Real-World Use Cases

1. Scheduled Drift Detection and Remediation

Automatically detect and fix configuration drift every night:

# EventBridge rule
resource "aws_cloudwatch_event_rule" "nightly_drift_check" {
  name                = "nightly-terraform-reconciliation"
  schedule_expression = "cron(0 2 * * ? *)"  # 2 AM daily
}

resource "aws_cloudwatch_event_target" "lambda" {
  rule      = aws_cloudwatch_event_rule.nightly_drift_check.name
  target_id = "terraform-runner"
  arn       = module.terraform_lambda.lambda_function_arn

  input = jsonencode({
    command = "apply"
    # Code bundled in Lambda container
  })
}

resource "aws_lambda_permission" "allow_eventbridge" {
  statement_id  = "AllowExecutionFromEventBridge"
  action        = "lambda:InvokeFunction"
  function_name = module.terraform_lambda.lambda_function_name
  principal     = "events.amazonaws.com"
  source_arn    = aws_cloudwatch_event_rule.nightly_drift_check.arn
}

Result: Infrastructure stays compliant 24/7 without manual intervention.

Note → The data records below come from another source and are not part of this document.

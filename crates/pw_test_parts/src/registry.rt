//! Tests of registries: lists of procedures under several names; and fifteen procedures, under the
//! names of the program's, over an allocator that refuses growths. A refused registry hands the list
//! of procedures back whole, and the list makes a registry once there is memory.

use pw_info::{Info, Kind};
use pw_procs::{Body, Meaning, Registry, RegistryFault, Signature, Slot, Stored, bodies};
use pw_testing::Refusing;
use std::alloc::{Allocator, Global};
use std::process::Abort;
use std::test::Fail;

// The names of the program's procedures, in their order.
const NAMES: [&str; 15] = [
    "sign",
    "adder",
    "subtractor",
    "multiplier",
    "squarer",
    "divider",
    "at_most",
    "equal",
    "inverter",
    "conjoiner",
    "disjoiner",
    "switch",
    "copy",
    "point",
    "fixed",
];

// What a list of copying procedures under some names comes to: the fault, the number of procedures
// in the registry or in the list handed back, and the numbers of the last name and of `sum`.
#[derive(Clone, Copy, Debug, PartialEq, Eq)]
struct Outcome {
    fault: Option<RegistryFault>,
    len: usize,
    last: Option<u8>,
    sum: Option<u8>,
}

fn refused(fault: RegistryFault, len: usize) -> Outcome {
    Outcome {
        fault: Some(fault),
        len,
        last: None,
        sum: None,
    }
}

// The number of a name, if the procedure of that number has the name and copies.
fn find_copier(registry: &Registry, name: &str) -> Option<u8> {
    let number = registry.find(name.as_bytes())?;
    let copier = registry.get(number);
    let inputs = [Info::nothing(Kind::Exact)];
    let fits = copier.signature().fits(&inputs);
    if fits && copier.name() == name && copier.call(&inputs) == inputs[0] {
        return Some(number);
    }
    None
}

fn observe(registered: Result<Registry, (RegistryFault, Vec<Stored>)>, names: &[&str]) -> Outcome {
    match registered {
        Ok(registry) => Outcome {
            fault: None,
            len: registry.len(),
            last: match names {
                [.., last] => find_copier(&registry, last),
                [] => None,
            },
            sum: registry.find(b"sum"),
        },
        Err((fault, list)) => refused(fault, list.len()),
    }
}

fn register(alloc: Global, names: &[&str]) -> Result<Outcome, Fail> {
    let signature = Signature::new(&[Slot::Same], Slot::Same).ok_or("no signature")?;
    let mut list = Vec::new(alloc);
    for name in names {
        let body: Body = Box::new(alloc, bodies::copy)?;
        list.push(Stored::new(
            String::from_str(alloc, name)?,
            signature,
            Meaning::Copy,
            body,
        ))?;
    }
    Ok(observe(Registry::new(alloc, list), names))
}

#[test]
fn names_of_procedures(rt: HostRuntime) -> Result<(), Fail> {
    for (names, fault) in [
        (["adder", "adder"].as_slice(), RegistryFault::DuplicateName),
        (["Add"].as_slice(), RegistryFault::BadName),
        (["adder", "sum"].as_slice(), RegistryFault::BadName),
        (["product"].as_slice(), RegistryFault::BadName),
        (["conditional"].as_slice(), RegistryFault::BadName),
        (
            ["adder", "adder", "Add"].as_slice(),
            RegistryFault::DuplicateName,
        ),
        (["adder", "Add", "adder"].as_slice(), RegistryFault::BadName),
        (["adder"; 65].as_slice(), RegistryFault::TooMany),
    ] {
        assert!(rt; register(rt.alloc(), names)? == refused(fault, names.len()));
    }
    Ok(())
}

#[test]
fn numbers_of_procedures(rt: HostRuntime) -> Result<(), Fail> {
    for (names, last) in [
        ([].as_slice(), None),
        (["adder", "summer"].as_slice(), Some(1)),
        (NAMES.as_slice(), Some(14)),
    ] {
        let found = Outcome {
            fault: None,
            len: names.len(),
            last,
            sum: None,
        };
        assert!(rt; register(rt.alloc(), names)? == found);
    }
    Ok(())
}

// Checks that the registry finds each procedure by its name.
fn finds_all<R: Abort, A: Allocator + Copy>(rt: &R, registry: &Registry<A>) {
    for (number, name) in NAMES.iter().enumerate() {
        assert!(rt;
            registry.find(name.as_bytes()) == Some(number as u8),
            "{name}"
        );
    }
}

// Checks that the list has all procedures, in their order.
fn is_whole<R: Abort>(rt: &R, list: &[Stored], at: u64) {
    assert!(rt; list.len() == NAMES.len(), "at {at}");
    for (entry, name) in list.iter().zip(NAMES) {
        assert!(rt; entry.name() == name, "at {at}");
    }
}

// Refuses each growth in turn, with all later ones and then alone. Checks that the list comes back
// whole each time, and that it makes a registry in the end.
fn is_handed_back<R: Abort + AllocGlobal>(rt: &R, list: Vec<Stored>) -> Result<(), Fail> {
    let mut entries = list;
    for turn in 2..200u64 {
        let at = turn / 2;
        let refusing = if turn % 2 == 0 {
            Refusing::all_from(rt.alloc(), at)
        } else {
            Refusing::nth(rt.alloc(), at)
        };
        match Registry::new(&refusing, entries) {
            Ok(registry) => {
                assert!(rt; refusing.calls() < at && at > 15, "at {at}");
                finds_all(rt, &registry);
                return Ok(());
            }
            Err((fault, back)) => {
                assert!(rt; fault == RegistryFault::Memory, "at {at}");
                is_whole(rt, &back, at);
                entries = back;
            }
        }
        assert!(rt; refusing.given_back() == refusing.taken(), "at {at}");
    }
    Err("some growth was always refused".into())
}

#[test]
fn a_refused_registry_hands_its_list_back(rt: HostRuntime) -> Result<(), Fail> {
    let signature = Signature::new(&[Slot::Same], Slot::Same).ok_or("no signature")?;
    let mut list = Vec::new(rt.alloc());
    for name in NAMES {
        let body: Body = Box::new(rt.alloc(), bodies::copy)?;
        list.push(Stored::new(
            String::from_str(rt.alloc(), name)?,
            signature,
            Meaning::Copy,
            body,
        ))?;
    }
    is_handed_back(&rt, list)
}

2. Self-Service Developer Platform

Build an internal platform where developers request infrastructure via API:

# Flask API endpoint
@app.route('/infrastructure/create', methods=['POST'])
def create_infrastructure():
    data = request.json

    # Generate Terraform code from template
    tf_code = render_template('vpc.tf.j2',
        region=data['region'],
        cidr=data['cidr_block'],
        environment=data['environment']
    )

    # Zip and encode
    zip_buffer = create_zip({'main.tf': tf_code})
    tf_code_b64 = base64.b64encode(zip_buffer.getvalue()).decode()

    # Invoke Lambda
    lambda_client.invoke(
        FunctionName='terraform-runner',
        InvocationType='Event',  # Async
        Payload=json.dumps({
            'command': 'apply',
            'tf_code': tf_code_b64,
            'backend': generate_backend_config(data['project_id'])
        })
    )

    return {'status': 'provisioning', 'job_id': '...'}

Result: Developers get infrastructure on-demand without Terraform knowledge.

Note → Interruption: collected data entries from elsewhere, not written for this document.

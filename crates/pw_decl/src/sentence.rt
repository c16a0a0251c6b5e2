//! What the lines of a declaration say, by their words. No names are looked up.
ghost use Rattle.std.specs.Prelude.{◌≡◌, true, option_map};
ghost use Rattle.pw_info.specs.Words.{words_of};
ghost use Rattle.pw_decl.specs.Declaration.{Header};
ghost use Rattle.pw_decl.specs.inside.Forms as forms;

use crate::version::Version;
use pw_info::{Words, are_names, read_name};

/// What a line outside a compound says, by its words.
#[derive(Drop)]
pub(crate) enum OuterSentence<'a> {
    /// `user NAME`
    User {
        name: &'a str,
    },
    /// `premise NAME`
    Premise {
        name: &'a str,
    },
    /// `premise NAME of USER`
    PremiseOf {
        name: &'a str,
        user: &'a [u8],
    },
    /// `set NAME MEMBER..`: the members are names.
    Set {
        name: &'a str,
        members: Words<'a>,
    },
    /// `cell NAME KIND`
    Cell {
        name: &'a str,
        kind: &'a [u8],
    },
    /// `compound NAME PARAM KIND ..`: alternating names and kinds.
    Compound {
        name: &'a str,
        parameters: Words<'a>,
    },
}

/// What a line inside a compound says, by its words.
#[derive(Drop)]
pub(crate) enum InnerSentence<'a> {
    /// `local NAME KIND`
    Local {
        name: &'a str,
        kind: &'a [u8],
    },
    /// `CALLABLE ARG..`, with one or more arguments.
    Call {
        callable: &'a [u8],
        arguments: Words<'a>,
    },
    /// `end`
    End,
}

// What follows `workbench`.
fn read_version(mut rest: Words<'_>) -> Option<Version>
    ensures { option_map Header result ≡ forms.version_form rest.entry }
{
    let version = rest.next()?;
    if !rest.is_empty() {
        return None;
    }
    if version == b"1".as_slice() {
        Some(Version::One)
    } else if version == b"2".as_slice() {
        Some(Version::Two)
    } else {
        None
    }
}

/// The version that the line names, if it is a header.
pub(crate) fn read_header(line: &[u8]) -> Option<Version>
    ensures { option_map Header result ≡ forms.header_form (words_of line.now) }
{
    let mut words = Words::new(line);
    let verb = words.next()?;
    if verb == b"workbench".as_slice() {
        read_version(words)
    } else {
        None
    }
}

// What follows `user`.
fn read_user<'a>(mut rest: Words<'a>) -> Option<OuterSentence<'a>>
    ensures { option_map forms.outer_in result ≡ forms.user_form rest.entry }
{
    let name = read_name(rest.next()?)?;
    if !rest.is_empty() {
        return None;
    }
    Some(OuterSentence::User { name })
}

// What follows `premise`.
fn read_premise<'a>(mut rest: Words<'a>) -> Option<OuterSentence<'a>>
    ensures { option_map forms.outer_in result ≡ forms.premise_form rest.entry }
{
    let name = read_name(rest.next()?)?;
    let Some(between) = rest.next() else {
        return Some(OuterSentence::Premise { name });
    };
    let user = rest.next()?;
    if !rest.is_empty() || between != b"of".as_slice() {
        return None;
    }
    Some(OuterSentence::PremiseOf { name, user })
}

// What follows `set`.
fn read_set<'a>(mut rest: Words<'a>) -> Option<OuterSentence<'a>>
    ensures { option_map forms.outer_in result ≡ forms.set_form rest.entry }
{
    let name = read_name(rest.next()?)?;
    if !are_names(rest.again()) {
        return None;
    }
    Some(OuterSentence::Set {
        name,
        members: rest,
    })
}

// What follows `cell`.
fn read_cell<'a>(mut rest: Words<'a>) -> Option<OuterSentence<'a>>
    ensures { option_map forms.outer_in result ≡ forms.cell_form rest.entry }
{
    let name = read_name(rest.next()?)?;
    let kind = rest.next()?;
    if !rest.is_empty() {
        return None;
    }
    Some(OuterSentence::Cell { name, kind })
}

// Whether the words alternate between names and kinds, and the names are names.
fn are_parameters(mut words: Words<'_>) -> bool
    ensures { result ≡ forms.are_parameters words.entry }
{
    while let Some(name) = words.next() {
        if words.next().is_none() || read_name(name).is_none() {
            return false;
        }
    }
    true
}

// What follows `compound`.
fn read_compound<'a>(mut rest: Words<'a>) -> Option<OuterSentence<'a>>
    ensures { option_map forms.outer_in result ≡ forms.compound_form rest.entry }
{
    let name = read_name(rest.next()?)?;
    if !are_parameters(rest.again()) {
        return None;
    }
    Some(OuterSentence::Compound {
        name,
        parameters: rest,
    })
}

/// What a line outside a compound says, if its words fit a form.
pub(crate) fn read_outer(line: &[u8]) -> Option<OuterSentence<'_>>
    ensures { option_map forms.outer_in result ≡ forms.outer_sentence_of (words_of line.now) }
{
    let mut words = Words::new(line);
    let verb = words.next()?;
    if verb == b"user".as_slice() {
        read_user(words)
    } else if verb == b"premise".as_slice() {
        read_premise(words)
    } else if verb == b"set".as_slice() {
        read_set(words)
    } else if verb == b"cell".as_slice() {
        read_cell(words)
    } else if verb == b"compound".as_slice() {
        read_compound(words)
    } else {
        None
    }
}

// What follows `local`.
fn read_local<'a>(mut rest: Words<'a>) -> Option<InnerSentence<'a>>
    ensures { option_map forms.inner_in result ≡ forms.local_form rest.entry }
{
    let name = read_name(rest.next()?)?;
    let kind = rest.next()?;
    if !rest.is_empty() {
        return None;
    }
    Some(InnerSentence::Local { name, kind })
}

/// What a line inside a compound says, if its words fit a form.
pub(crate) fn read_inner(line: &[u8]) -> Option<InnerSentence<'_>>
    ensures { option_map forms.inner_in result ≡ forms.inner_sentence_of (words_of line.now) }
{
    let mut words = Words::new(line);
    let verb = words.next()?;
    if verb == b"local".as_slice() {
        return read_local(words);
    }
    if verb == b"end".as_slice() {
        return if words.is_empty() {
            Some(InnerSentence::End)
        } else {
            None
        };
    }
    if words.is_empty() {
        return None;
    }
    Some(InnerSentence::Call {
        callable: verb,
        arguments: words,
    })
}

3. Event-Driven Infrastructure Scaling

Respond to CloudWatch alarms by provisioning additional resources:

# CloudWatch Alarm → SNS → Lambda
resource "aws_cloudwatch_metric_alarm" "high_cpu" {
  alarm_name          = "rds-high-cpu"
  comparison_operator = "GreaterThanThreshold"
  evaluation_periods  = 2
  metric_name         = "CPUUtilization"
  namespace           = "AWS/RDS"
  period              = 300
  statistic           = "Average"
  threshold           = 80
  alarm_actions       = [aws_sns_topic.scaling.arn]
}

resource "aws_sns_topic_subscription" "lambda" {
  topic_arn = aws_sns_topic.scaling.arn
  protocol  = "lambda"
  endpoint  = module.terraform_lambda.lambda_function_arn
}

Lambda payload handler:

# In entrypoint.sh - parse SNS message
ALARM_NAME=$(echo "$EVENT_DATA" | jq -r '.Records[0].Sns.Message' | jq -r '.AlarmName')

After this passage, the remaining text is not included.